# Kibble with milk or water? Diet for pups



## Wenderwoman (Jan 7, 2013)

I just used warm water or broth/gravy. I'm not sure about milk. My girl doesn't seem to be lactose intolerant but my boyfriend's old Rottweiler was.


----------



## KeaColorado (Jan 2, 2013)

I occasionally mix in a lump of cottage cheese or some yogurt, but that's it for dairy.


----------



## honeysmum (Dec 4, 2007)

We give Goats milk to Tiggy (12 week old GD pup) not to soften the Kibble we give it separately although if she leaves some food I will put it on her food to encourage her to finish it she loves it.


----------



## first golden (May 19, 2013)

When my puppy came home is was adding water to soften the kibble, she was not eating too much..As soon as I gave it to her dry she devoured it..Go figure:doh:


----------



## OutWest (Oct 6, 2011)

Giving them soaked kibble is great in hot weather especially--increases their fluid intake and can help prevent bloat. (If you haven't learned about bloat yet, check out the sticky on here. Good information.) 

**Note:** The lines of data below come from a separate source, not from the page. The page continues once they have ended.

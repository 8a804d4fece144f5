// The mode in which the long form is read again.
#![tactic(auto)]

ghost use Rattle.std.specs.Prelude.{◌≡◌};
ghost use Rattle.readback.specs.ReadBack.{long_form_mode};

pub fn long_form_mode() -> u8
    ensures { result ≡ long_form_mode }
{
    0
}
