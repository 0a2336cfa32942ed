// A frame: six codes and an enable byte, and the same as seven cells in memory. Codes, bits and cells have a file each.
// Every function here is internal to the project: its callers meet its `requires`.
#![tactic(auto)]

pub mod bits; // bits.rt: the bits of a byte
pub mod cells; // cells.rt: a frame as seven cells, and the checks of cells
pub mod codes; // codes.rt: code and sample

// A code is below this. A code is a plain number and no type of its own: cells, captures and C hold plain numbers, and
// a type would be made and taken apart at each.
pub const CODE_LIMIT: u16 = 1024;

// The code of a sample of 0, and the code before a capture's first frame.
pub const MIDDLE_CODE: u16 = 512;

// An enable byte is below this: its bit 7 is 0.
pub const ENABLE_LIMIT: u16 = 128;

// A capture, and cells that are checked, hold at most so many frames.
pub const MOST_FRAMES: usize = 4096;
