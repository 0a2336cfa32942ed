// The bits of a byte: the enable byte and the reset mask are read with them, the output byte is made with them. A bit's
// number is a plain number below 8: callers count channels, and a type for it would be made and taken apart at each.
ghost use Rattle.std.specs.Prelude.{◌≡◌, cond, ◌+◌, ◌<◌, ◌^◌};
ghost use Rattle.frames.specs.Bits.{bit_of, enabled_in};

// Bit c is 1.
pub fn bit(byte: u8, c: usize) -> bool
    requires { c < 8 }
    ensures { result ≡ bit_of byte c }
{
    (byte >> c) % 2 == 1
}

// The byte with bit c set where `on`; bit c and those above it are 0 in the byte.
pub fn with_bit(byte: u8, c: usize, on: bool) -> u8
    requires { (c < 8) × (byte < 2 ^ c) }
    ensures { result ≡ byte + cond on (2 ^ c) 0 }
{
    if on { byte + (1 << c) } else { byte }
}

// A channel is enabled in a frame if its bit and bit 6 are both 1.
pub fn enabled_in(enable: u8, c: usize) -> bool
    requires { c < 8 }
    ensures { result ≡ enabled_in enable c }
{
    bit(enable, c) & bit(enable, 6)
}
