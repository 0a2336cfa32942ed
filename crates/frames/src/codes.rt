// A code and its sample (document 01, "From codes to amplitude").
ghost use Rattle.std.specs.Prelude.{◌≡◌, ◌<◌};
ghost use Rattle.frames.specs.Codes.{code_limit, sample_of, sample_sound, codes_in_range};

// What a sample is a code less.
const MIDDLE: i16 = crate::MIDDLE_CODE as i16;

const LEAST_SAMPLE: i16 = -512;

const MOST_SAMPLE: i16 = 511;

// The sample of a code.
pub fn sample(code: u16) -> i16
    requires { code < code_limit }
    ensures { result ≡ sample_of code }
{
    code as i16 - MIDDLE
}

// The sample of some code.
pub fn sample_sound(s: i16) -> bool
    ensures { result ≡ sample_sound s }
{
    (LEAST_SAMPLE <= s) & (s <= MOST_SAMPLE)
}

// Each of the six codes is in range.
#[tactic(auto, unfolding(crate::specs::Codes::codes_in_range))]
pub fn codes_in_range(codes: [u16; 6]) -> bool
    ensures { result ≡ codes_in_range codes }
{
    crate::cells::below_code_limit(&codes)
}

Some people soak the kibble routinely. I don't--I just make sure to separate eating, exercise, and water consumption by 30-60 minutes. 

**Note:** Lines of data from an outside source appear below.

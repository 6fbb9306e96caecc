ghost use Rattle.std.specs.Prelude.{◌≡◌, false, IfNone, IfSome};
ghost use Rattle.smk_base.specs.PlanImage.{expr_of};
ghost use Rattle.smk_marks.specs.Views.{EndsInGroups, ends_in_groups};

use crate::growing::is_growing;
use smk_base::{Aggs, Keys, Op1, Plan, Rel};
use smk_rid::RidMap;

/// A grouping, and the chain of selections and projections over a scan that is its input.
#[derive(Clone, Copy)]
pub struct GroupedChain<'a> {
    pub chain: &'a Plan,
    pub keys: &'a Keys,
    pub aggs: &'a Aggs,
}

/// Such a plan, and what is kept of it: the rows that it gives over the whole table, and the forward lineage from the table to them.
#[derive(Clone, Copy)]
pub struct KeptView<'a> {
    pub plan: GroupedChain<'a>,
    pub content: &'a Rel,
    pub forward: &'a RidMap,
}

/// The grouping in which a plan ends and its input, exactly if that is a chain.
pub fn grouped_chain(plan: &Plan) -> Option<GroupedChain<'_>>
    ensures ends { IfSome result (EndsInGroups (expr_of plan.now)) }
    ensures none { IfNone result (ends_in_groups (expr_of plan.now) ≡ false) }
{
    let grows = is_growing(plan);
    match plan {
        Plan::One(Op1::Group(keys, aggs), chain) if grows => {
            Some(GroupedChain { chain, keys, aggs })
        }
        _ => None,
    }
}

Re: the lactose, I gather many dogs don't digest cows milk well. I also heard about goats milk, and I've always given that instead. I gave it to Tucker when he was little to help him sleep at night. And I make frozen treats out of goats milk yogurt.


----------



## Willow52 (Aug 14, 2009)

first golden said:


> When my puppy came home is was adding water to soften the kibble, she was not eating too much..As soon as I gave it to her dry she devoured it..Go figure:doh:


I tried soaking Hank's kibble with water when he first came home since he was so young, he wouldn't touch it. He did like toppers such as yogurt, cottage cheese, pumpkin or canned food. Just no water! 

If the puppy has teeth and has been weaned there really isn't any reason to add milk.


----------



## codemonkey19 (Sep 10, 2013)

Thanks for the replies everyone. We visited the vet the other day and asked her the same thing. She actually opposed the idea of placing water on the kibble since it promotes tooth cavity and bad breath. I tried this tonight and she didnt finish her food. Btw, she's a 9 and a half week old pup. Would you therefore recommend plain dry kibble or soaked one?


Sent from Petguide.com Free App


----------



## OutWest (Oct 6, 2011)

I'd listen to what your vet says. The wet food does stick more and can cause plaque.


----------